Segment Open
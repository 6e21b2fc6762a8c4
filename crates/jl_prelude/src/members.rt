//! The members of a prelude.
ghost use Rattle.std.specs.Prelude.{◌≡◌, [], ◌∷◌, ◌++◌, OnOk, OnErr};
ghost use Rattle.std.specs.List.{sum_by};
ghost use Rattle.jl_prelude.specs.Members as spec;
ghost use Rattle.jl_prelude.specs.Members.{capped};

use super::classes::Classes;
use jl_model::{NoMemory, Text};
use std::alloc::Global;
use std::marker::Model;

/// A closed member of a prelude.
#[derive(Debug, Drop)]
pub struct PreludeMember {
    pub classes: Classes,
    pub key: Text,
    /// The place of the key.
    pub at: u64,
    /// The bytes of its value.
    pub raw: Text,
}

impl PreludeMember {
    /// The bytes of its key and its value, and eight, up to 2^64 - 1.
    pub(crate) fn weight(&self) -> u64
        ensures { result ≡ capped (spec.weight self.now) }
    {
        let key = self.key.bytes().len() as u64;
        let raw = self.raw.bytes().len() as u64;
        key.saturating_add(raw).saturating_add(8)
    }
}

/// The members of a prelude, in their order, which contracts see as a list.
#[derive(Debug, Drop)]
pub struct PreludeMembers {
    list: Vec<PreludeMember>,
}

impl Model for PreludeMembers {
    ghost use Rattle.std.specs.Prelude.{List};
    ghost use Rattle.jl_prelude.specs.declared.members.PreludeMember.{PreludeMember};

    ghost Value = { List PreludeMember };

    ghost view = { λ members. members.list.items };
}

impl PreludeMembers {
    /// No members. It takes no memory.
    pub fn new(alloc: Global) -> PreludeMembers
        ensures { result ≡ [] }
    {
        PreludeMembers {
            list: Vec::new(alloc),
        }
    }

    /// The members, lent.
    pub fn slice(&self) -> &[PreludeMember]
        ensures { result.now ≡ self.now }
    {
        self.list.as_slice()
    }

    /// Adds a member at the end. Once out of memory the list is as before, and the member is gone.
    pub fn push(&mut self, member: PreludeMember) -> Result<(), NoMemory>
        ensures ok { OnOk result (self.new ≡ self.old ++ member ∷ []) }
        ensures err { OnErr result (self.new ≡ self.old) }
    {
        match self.list.push(member) {
            Ok(()) => Ok(()),
            Err(_) => Err(NoMemory),
        }
    }

    /// The bytes of all keys and values, with eight for each member, up to 2^64 - 1.
    pub(crate) fn weight(&self) -> u64
        ensures { result ≡ spec.weight_of self.now }
    {
        weight_of(self.list.as_slice())
    }

    /// Whether it is one member alone, whose key is for an identifier in the context outside.
    pub(crate) fn is_single_id(&self) -> bool
        ensures { result ≡ spec.is_single_id self.now }
    {
        match self.list.as_slice() {
            [member] => member.classes.incoming.is_identifier(),
            _ => false,
        }
    }
}

fn weight_of(members: &[PreludeMember]) -> u64
    ensures { result ≡ spec.weight_of members.now }
{
    let mut sum: u64 = 0;
    for member in members {
        sum = sum.saturating_add(member.weight());
    }
    sum
}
Segment Closed
■ **Problem requirements**
Repeat verbatim the opening run of entries, ending with the line that contains "ghost use Rattle.jl_prelude.specs.Members as".

■ **Solution for this task**
repository 6e21b2fc6762a8c4
filename crates/jl_prelude/src/members.rt
//! The members of a prelude.
ghost use Rattle.std.specs.Prelude.{◌≡◌, [], ◌∷◌, ◌++◌, OnOk, OnErr};
ghost use Rattle.std.specs.List.{sum_by};
ghost use Rattle.jl_prelude.specs.Members as spec;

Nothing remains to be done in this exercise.